What changed in the Rust helper
In the Rust version, if a container doesn’t exist, wait_container returns an error (e.g., 404), and the code treats that as “the container exited” and triggers termination:
lib.rsLines 74-97
if let Err(e) = wait_result {
if exit_event.load(Ordering::Acquire) {
info!("Container {} wait thread get exception: {}", container_name, e);
return Ok(());
}
// If a container is killed, `wait_container` may return an error.
// Treat this as the container having exited.
info!("Container {} exited with a status that resulted in an error from the Docker API: {}", container_name, e);
}
info!("No longer waiting on container '{}'", container_name);
if dependent_services.contains(&container_name) {
let warm_restart = device_info::is_warm_restart_enabled(&container_name)?;
let fast_reboot = device_info::is_fast_reboot_enabled()?;
if warm_restart || fast_reboot {
continue;
}
}
exit_event.store(true, Ordering::Release);
return Ok(());
When teamd doesn’t exist, wait_result is Err(...). The code logs it, falls through, and sets the global exit flag (unless warm/fast reboot is enabled for that container), causing that task to return Ok(()).
The main loop in the Rust helper then exits as soon as any one watcher returns successfully:
lib.rsLines 130-147
while let Some(result) = tasks.join_next().await {
match result {
Ok(Ok(())) => {
break;
}
Ok(Err(e)) => {
error!("Container watcher error: {}", e);
return Err(e);
}
Err(e) => {
error!("Task join error: {}", e);
return Err(Error::Join(e));
}
}
}
Ok(0)
So a “non-existent container” is treated as “container exited,” which ends the helper, which ends swss.sh wait, which stops the swss systemd service.

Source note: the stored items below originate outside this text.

/// What a thread asks of the objects that it shares with the other threads, with the operations of
/// POSIX threads. An object is named by its place among those of its kind, from 0.
#[derive(Clone, Copy, Debug, PartialEq, Eq, Hash)]
pub enum Ask {
    /// The value of a variable.
    Read { var: u32 },
    /// Gives a variable a value.
    Write { var: u32, value: i64 },
    /// Adds to a variable, in one step. The answer is the old value.
    Add { var: u32, value: i64 },
    /// Compares and exchanges. The answer is 1 where the variable was `old`, else 0.
    Cas { var: u32, old: i64, new: i64 },
    Lock { mutex: u32 },
    TryLock { mutex: u32 },
    Unlock { mutex: u32 },
    /// The first half of a wait: the mutex is let go and the thread waits for the condition.
    Release { cond: u32, mutex: u32 },
    /// The second half of a wait: the woken thread takes the mutex again.
    Regain { cond: u32, mutex: u32 },
    Signal { cond: u32 },
    Broadcast { cond: u32 },
    Down { sem: u32 },
    TryDown { sem: u32 },
    Up { sem: u32 },
    /// The first half of a meeting at a barrier.
    Arrive { barrier: u32 },
    /// The second half. The answer is 1 for the serial thread, else 0.
    Leave { barrier: u32 },
    Join { thread: u32 },
    Yield,
    /// An assertion, and whether it holds.
    Check { holds: bool },
    /// A fault of the thread's own, which ends the run.
    Fault { kind: FaultKind },
    Start { thread: u32 },
    /// The first ask of a thread that another thread has to start.
    Begin,
    RdLock { rwlock: u32 },
    WrLock { rwlock: u32 },
    TryRdLock { rwlock: u32 },
    TryWrLock { rwlock: u32 },
    RwUnlock { rwlock: u32 },
}

/// Why a thread can't go on by itself.
#[derive(Clone, Copy, Debug, PartialEq, Eq, Hash)]
pub enum FaultKind {
    /// A number outside i64.
    Overflow,
    /// A division by zero.
    ZeroDivisor,
    /// Too many moves without an ask.
    Spin,
}

/// What a thread posts: its next ask, or that it has ended (no ask).
#[derive(Clone, Copy, Debug, PartialEq, Eq, Hash)]
pub struct Post {
    pub ask: Option<Ask>,
    /// The line of the test that asks, from 1.
    pub line: u32,
}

What the Python helper did before
In the Python version, only TypeError is caught. Errors like “container not found” (e.g., docker.errors.NotFound/APIError) are not caught and therefore terminate the thread with an uncaught exception. The main thread keeps waiting on the global event and never exits:
docker-wait-anyLines 51-72
while True:
try:
docker_client.wait(container_name)
except TypeError as e:
if g_thread_exit_event.is_set():
# When other thread exist, main thread will exit and docker_client will be destoryed
log.log_info("Container {} wait thread get exception: {}".format(container_name, e))
return
else:
raise e
log.log_info("No longer waiting on container '{}'".format(container_name))

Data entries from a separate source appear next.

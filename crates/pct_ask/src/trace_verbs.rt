//! The verbs of traces, by which they tell what is asked, as a table.

ghost use Rattle.std.specs.Prelude.{◌≡◌};
ghost use Rattle.pct_ask.specs.TraceVerbs as verbs;

use crate::names::NameKind;
use OperandKind::{Cause, Holds, Value};
use Operands::{Bare, One, Three, Two};

/// An ask, without its operands.
#[derive(Clone, Copy)]
pub enum Verb {
    Read,
    Write,
    Add,
    Cas,
    Lock,
    TryLock,
    Unlock,
    Release,
    Regain,
    Signal,
    Broadcast,
    Down,
    TryDown,
    Up,
    Arrive,
    Leave,
    Join,
    Yield,
    Check,
    Fault,
    Start,
    Begin,
    RdLock,
    WrLock,
    TryRdLock,
    TryWrLock,
    RwUnlock,
}

/// What an operand is.
#[derive(Clone, Copy)]
pub enum OperandKind {
    /// A thread or an object, by its name.
    Object(NameKind),
    /// A number.
    Value,
    /// Whether a check holds.
    Holds,
    /// Why a thread can't go on.
    Cause,
}

/// The operands of an ask, or something of each of them.
#[derive(Clone, Copy)]
pub enum Operands<T> {
    Bare,
    One(T),
    Two(T, T),
    Three(T, T, T),
}

/// A row of the table.
#[derive(Clone, Copy)]
pub struct Signature {
    pub word: &'static [u8],
    pub operands: Operands<OperandKind>,
    /// The first version of traces that has it.
    pub since: u32,
}

const THREAD: OperandKind = OperandKind::Object(NameKind::Thread);

const VAR: OperandKind = OperandKind::Object(NameKind::Var);

const MUTEX: OperandKind = OperandKind::Object(NameKind::Mutex);

const COND: OperandKind = OperandKind::Object(NameKind::Cond);

const SEM: OperandKind = OperandKind::Object(NameKind::Sem);

const BARRIER: OperandKind = OperandKind::Object(NameKind::Barrier);

const RW_LOCK: OperandKind = OperandKind::Object(NameKind::RwLock);

const VERBS: [Verb; 27] = [
    Verb::Read,
    Verb::Write,
    Verb::Add,
    Verb::Cas,
    Verb::Lock,
    Verb::TryLock,
    Verb::Unlock,
    Verb::Release,
    Verb::Regain,
    Verb::Signal,
    Verb::Broadcast,
    Verb::Down,
    Verb::TryDown,
    Verb::Up,
    Verb::Arrive,
    Verb::Leave,
    Verb::Join,
    Verb::Yield,
    Verb::Check,
    Verb::Fault,
    Verb::Start,
    Verb::Begin,
    Verb::RdLock,
    Verb::WrLock,
    Verb::TryRdLock,
    Verb::TryWrLock,
    Verb::RwUnlock,
];

fn row(word: &'static [u8], operands: Operands<OperandKind>, since: u32) -> Signature
    ensures word { result.word.now ≡ word.now }
    ensures operands { result.operands ≡ operands }
    ensures since { result.since ≡ since }
{
    Signature {
        word,
        operands,
        since,
    }
}

impl Verb {
    /// Its row of the table.
    pub fn signature(self) -> Signature
        ensures word { result.word.now ≡ verbs.verb_word self }
        ensures operands { result.operands ≡ verbs.verb_operands self }
        ensures since { result.since ≡ verbs.verb_since self }
    {
        match self {
            Verb::Read => row(b"read", One(VAR), 1),
            Verb::Write => row(b"write", Two(VAR, Value), 1),
            Verb::Add => row(b"add", Two(VAR, Value), 1),
            Verb::Cas => row(b"cas", Three(VAR, Value, Value), 1),
            Verb::Lock => row(b"lock", One(MUTEX), 1),
            Verb::TryLock => row(b"trylock", One(MUTEX), 1),
            Verb::Unlock => row(b"unlock", One(MUTEX), 1),
            Verb::Release => row(b"release", Two(COND, MUTEX), 1),
            Verb::Regain => row(b"regain", Two(COND, MUTEX), 1),
            Verb::Signal => row(b"signal", One(COND), 1),
            Verb::Broadcast => row(b"broadcast", One(COND), 1),
            Verb::Down => row(b"down", One(SEM), 1),
            Verb::TryDown => row(b"trydown", One(SEM), 1),
            Verb::Up => row(b"up", One(SEM), 1),
            Verb::Arrive => row(b"arrive", One(BARRIER), 1),
            Verb::Leave => row(b"leave", One(BARRIER), 1),
            Verb::Join => row(b"join", One(THREAD), 1),
            Verb::Yield => row(b"yield", Bare, 1),
            Verb::Check => row(b"check", One(Holds), 1),
            Verb::Fault => row(b"fault", One(Cause), 1),
            Verb::Start => row(b"start", One(THREAD), 1),
            Verb::Begin => row(b"begin", Bare, 1),
            Verb::RdLock => row(b"rdlock", One(RW_LOCK), 2),
            Verb::WrLock => row(b"wrlock", One(RW_LOCK), 2),
            Verb::TryRdLock => row(b"tryrdlock", One(RW_LOCK), 2),
            Verb::TryWrLock => row(b"trywrlock", One(RW_LOCK), 2),
            Verb::RwUnlock => row(b"rwunlock", One(RW_LOCK), 2),
        }
    }

    /// Its word, as traces have it.
    pub fn word(self) -> &'static [u8]
        ensures { result.now ≡ verbs.verb_word self }
    {
        self.signature().word
    }
}

/// The verb of a word, among these.
#[tactic(auto, using(crate::proofs::laws::TraceVerbs::among_laws))]
fn verb_among(list: &[Verb], word: &[u8]) -> Option<Verb>
    ensures { result ≡ verbs.verb_among list.now word.now }
{
    for verb in list {
        if word == verb.word() {
            return Some(*verb);
        }
    }
    None
}

/// The verb, where a version of traces has it.
fn verb_known(version: u32, verb: Verb) -> Option<Verb>
    ensures { result ≡ verbs.verb_known version (Some verb) }
{
    if verb.signature().since == 1 || version == 2 {
        Some(verb)
    } else {
        None
    }
}

/// The verb that a word is in traces of a version.
#[tactic(auto, unfolding(crate::specs::TraceVerbs::verb_in))]
pub fn verb_in(version: u32, word: &[u8]) -> Option<Verb>
    ensures { result ≡ verbs.verb_in version word.now }
{
    let verb = verb_among(&VERBS, word)?;
    verb_known(version, verb)
}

# If this is a dependent service and warm restart is enabled for the system/container,
# OR if the system is going through a fast-reboot, DON'T signal main thread to exit
if (container_name in g_dep_services and
(device_info.is_warm_restart_enabled(container_name) or device_info.is_fast_reboot_enabled())):
continue
# Signal the main thread to exit
g_thread_exit_event.set()
return
Result: when teamd didn’t exist, the teamd thread crashed, but the main thread blocked forever, so docker-wait-any never exited, and swss.sh wait stayed running. That’s why swss didn’t stop.
Why you observed the change
- The Rust helper proactively treats any Docker wait error (including “not found”) as an exit signal unless warm/fast reboot is enabled for that dependent. This causes the helper to exit immediately when teamd isn’t present.

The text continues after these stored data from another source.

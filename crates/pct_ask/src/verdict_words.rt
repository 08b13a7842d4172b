//! The words of a verdict's text, read one after another.

ghost use Rattle.std.specs.Prelude.{◌≡◌, ◌<◌, ◌≤◌, ◌==◌, ◌∷◌, None, Some, false, [], length};
ghost use Rattle.std.specs.Prelude.{position, MatchOption, IfSome};
ghost use Rattle.pct_ask.specs.NameLists.{AreNames};
ghost use Rattle.pct_ask.specs.VerdictWords.{words_of, words_after, length_with_space, line_number};
ghost use Rattle.pct_ask.specs.VerdictWords.{first_place, misuse_kind, fault_kind};
ghost use Rattle.pct_ask.specs.VerdictWords.{placed_kind, verdict_at, placed_words, stuck_words};
ghost use Rattle.pct_ask.specs.VerdictWords.{bare_word, verdict_of_words};
ghost use Rattle.pct_ask.specs.declared.limits.TheConstants.{MAX_THREADS};

use crate::ask::FaultKind;
use crate::blocked::Blocked;
use crate::limits::MAX_LINES;
use crate::names::{NameKind, Names};
use crate::number::number_in;
use crate::verdict::{MisuseKind, Verdict};
use crate::verdict_text::VerdictRead;
use crate::words::is_lawful_name;

pub const PASSED: &[u8] = b"passed";

pub const FAILED: &[u8] = b"failed";

pub const STUCK: &[u8] = b"stuck";

pub const MISUSE: &[u8] = b"misuse";

pub const FAULT: &[u8] = b"fault";

pub const CUT: &[u8] = b"cut";

pub const NOT_OWNER: &[u8] = b"notowner";

pub const SEM_FULL: &[u8] = b"semfull";

pub const ALREADY_STARTED: &[u8] = b"alreadystarted";

pub const TOO_MANY_READS: &[u8] = b"toomanyreads";

pub const OVERFLOW: &[u8] = b"overflow";

pub const ZERO_DIVISOR: &[u8] = b"zerodivisor";

pub const SPIN: &[u8] = b"spin";

/// What a verdict says of one thread at one line.
#[derive(Clone, Copy)]
pub enum PlacedKind {
    Failure,
    Misused(MisuseKind),
    Faulted(FaultKind),
}

/// A thread's name and a line at the front of a text.
#[derive(Clone, Copy)]
struct PlaceRead<'a> {
    /// The thread, where the name is one's.
    thread: Option<u32>,
    line: u32,
    /// What follows.
    rest: Option<&'a [u8]>,
}

/// Reads the words of a text, which one space separates.
pub fn read_words(text: &[u8], names: &Names) -> VerdictRead
    ensures words { result ≡ verdict_of_words names.now (words_of text.now) }
    ensures lawful { AreNames names.now }
{
    let _ = names.count(NameKind::Thread);
    let (head, rest) = cut_word(text);
    match rest {
        None => read_bare(head),
        Some(rest) if head == STUCK => read_stuck(rest, names),
        Some(rest) => read_placed(head, rest, names),
    }
}

fn read_bare(head: &[u8]) -> VerdictRead
    ensures { result ≡ bare_word head.now }
{
    if head == PASSED {
        VerdictRead::Is(Verdict::Passed)
    } else if head == CUT {
        VerdictRead::Is(Verdict::Cut)
    } else {
        VerdictRead::NoForm
    }
}

fn read_placed(head: &[u8], rest: &[u8], names: &Names) -> VerdictRead
    ensures { result ≡ placed_words head.now (first_place names.now (words_of rest.now)) }
{
    let Some(place) = read_place(rest, names) else {
        return VerdictRead::NoForm;
    };
    let Some(kind) = read_kind(head, place.rest) else {
        return VerdictRead::NoForm;
    };
    match place.thread {
        Some(thread) => VerdictRead::Is(verdict_at(kind, thread, place.line)),
        None => VerdictRead::UnknownName,
    }
}

fn verdict_at(kind: PlacedKind, thread: u32, line: u32) -> Verdict
    ensures { result ≡ verdict_at kind thread line }
{
    match kind {
        PlacedKind::Failure => Verdict::Failed { thread, line },
        PlacedKind::Misused(kind) => Verdict::Misuse { thread, line, kind },
        PlacedKind::Faulted(kind) => Verdict::Fault { thread, line, kind },
    }
}

fn read_kind(head: &[u8], rest: Option<&[u8]>) -> Option<PlacedKind>
    ensures { result ≡ placed_kind head.now (words_after rest.entry) }
{
    let Some(rest) = rest else {
        return (head == FAILED).then_some(PlacedKind::Failure);
    };
    let (word, end) = cut_word(rest);
    if end.is_some() {
        None
    } else if head == MISUSE {
        Some(PlacedKind::Misused(read_misuse(word)?))
    } else if head == FAULT {
        Some(PlacedKind::Faulted(fault_kind(word)?))
    } else {
        None
    }
}

fn read_misuse(word: &[u8]) -> Option<MisuseKind>
    ensures { result ≡ misuse_kind word.now }
{
    if word == NOT_OWNER {
        Some(MisuseKind::NotOwner)
    } else if word == SEM_FULL {
        Some(MisuseKind::SemFull)
    } else if word == ALREADY_STARTED {
        Some(MisuseKind::AlreadyStarted)
    } else if word == TOO_MANY_READS {
        Some(MisuseKind::TooManyReads)
    } else {
        None
    }
}

/// The fault that a word stands for, in verdicts and in asks.
pub fn fault_kind(word: &[u8]) -> Option<FaultKind>
    ensures { result ≡ fault_kind word.now }
{
    if word == OVERFLOW {
        Some(FaultKind::Overflow)
    } else if word == ZERO_DIVISOR {
        Some(FaultKind::ZeroDivisor)
    } else if word == SPIN {
        Some(FaultKind::Spin)
    } else {
        None
    }
}

fn read_stuck(text: &[u8], names: &Names) -> VerdictRead
    ensures { result ≡ stuck_words names.now 0 [] false (words_of text.now) }
{
    let mut blocked = Blocked::new();
    let mut unknown = false;
    let mut least = 0;
    let mut rest = Some(text);
    'places: while let Some(text) = rest {
        let Some(place) = read_place(text, names) else {
            return VerdictRead::NoForm;
        };
        match place.thread {
            None => unknown = true,
            Some(thread) => {
                if thread < least {
                    return VerdictRead::NoForm;
                }
                blocked.push(thread, place.line);
                least = thread + 1;
            }
        }
        rest = place.rest;
    }
    if unknown {
        VerdictRead::UnknownName
    } else {
        VerdictRead::Is(Verdict::Stuck { blocked })
    }
}

fn read_place<'a>(text: &'a [u8], names: &Names) -> Option<PlaceRead<'a>>
    ensures place { MatchOption result (first_place names.now (words_of text.now) ≡ None) (λ p.
        first_place names.now (words_of text.now) ≡ Some (p.thread, p.line, words_after p.rest)) }
    ensures few { IfSome result (λ p. IfSome p.thread (λ thread. thread < MAX_THREADS)) }
    ensures shorter { IfSome result (λ p. length_with_space p.rest ≤ length text.now) }
{
    let (name, after) = cut_word(text);
    let (line, rest) = cut_word(after?);
    if !is_lawful_name(1, name) {
        return None;
    }
    let line = line_number(line)?;
    let thread = names.find(NameKind::Thread, name);
    Some(PlaceRead { thread, line, rest })
}

/// The number of a line of a test, from 1 to 4096.
pub fn line_number(word: &[u8]) -> Option<u32>
    ensures { result ≡ line_number word.now }
{
    let number = number_in(1, u64::from(MAX_LINES), word)?;
    Some(number as u32)
}

// The first word, and what comes after the space that ends it.
fn cut_word(text: &[u8]) -> (&[u8], Option<&[u8]>)
    ensures words { words_of text.now ≡ result.0.now ∷ words_after result.1 }
    ensures shorter { length_with_space result.1 ≤ length text.now }
{
    match first_space(text) {
        Some(end) => (&text[..end], Some(&text[end + 1..])),
        None => (text, None),
    }
}

fn first_space(text: &[u8]) -> Option<usize>
    ensures { result ≡ position (λ b. b == 32) text.now }
{
    text.iter().position(|b| *b == b' ')
}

- The Python helper inadvertently ignored most non-TypeError exceptions by letting the thread die without signaling the main thread, causing the helper to block indefinitely and thus keeping swss running.
Steps to Reproduce
Deploy SONiC fanout switch.
Actual Behavior and Expected Behavior
Dockers are flapping on the fanout switch after deploy
Relevant log output
CONTAINER ID IMAGE COMMAND CREATED STATUS PORTS NAMES
df35ead48d50 urm.nvidia.com/sw-nbu-sws-sonic-docker/sonic-wjh:9.9.9-master-153 "/usr/local/bin/supe…" About an hour ago Up 10 seconds what-just-happened
1b5ebb42817c docker-snmp:latest "/usr/bin/docker-snm…" About an hour ago Up 11 seconds snmp
33ac5c827a26 docker-sonic-gnmi:latest "/usr/local/bin/supe…" About an hour ago Up About an hour gnmi
0066688ebc5f docker-eventd:latest "/usr/local/bin/supe…" About an hour ago Up About an hour eventd
68f208856a8e docker-platform-monitor:latest "/usr/bin/docker_ini…" About an hour ago Up 23 seconds pmon
4d7195876951 docker-router-advertiser:latest "/usr/bin/docker-ini…" About an hour ago Exited (0) About an hour ago radv
ba792f1a18cd docker-syncd-mlnx:latest "/usr/local/bin/supe…" About an hour ago Up 23 seconds syncd
109d6c3c14ae docker-sysmgr:latest "/usr/local/bin/supe…" About an hour ago Up About an hour sysmgr
0b0ee5d5d8b8 docker-orchagent:latest "/usr/bin/docker-ini…" About an hour ago Up 26 seconds swss
95323d902200 docker-sonic-restapi:latest "/usr/local/bin/supe…" About an hour ago Exited (0) About an hour ago restapi
47298e5b709c docker-sonic-mgmt-framework:latest "/usr/local/bin/supe…" 3 hours ago Exited (0) About an hour ago mgmt-framework
18a0d2e03367 docker-lldp:latest "/usr/bin/docker-lld…" 3 hours ago Exited (0) About an hour ago lldp
806b9faf518f docker-fpm-frr:latest "/usr/bin/docker_ini…" 3 hours ago Exited (0) 3 hours ago bgp
5f2002a2e497 docker-database:latest "/usr/local/bin/dock…" 3 hours ago Up 3 hours databaseOutput of show version, show techsupport
Attach files (if any)
No response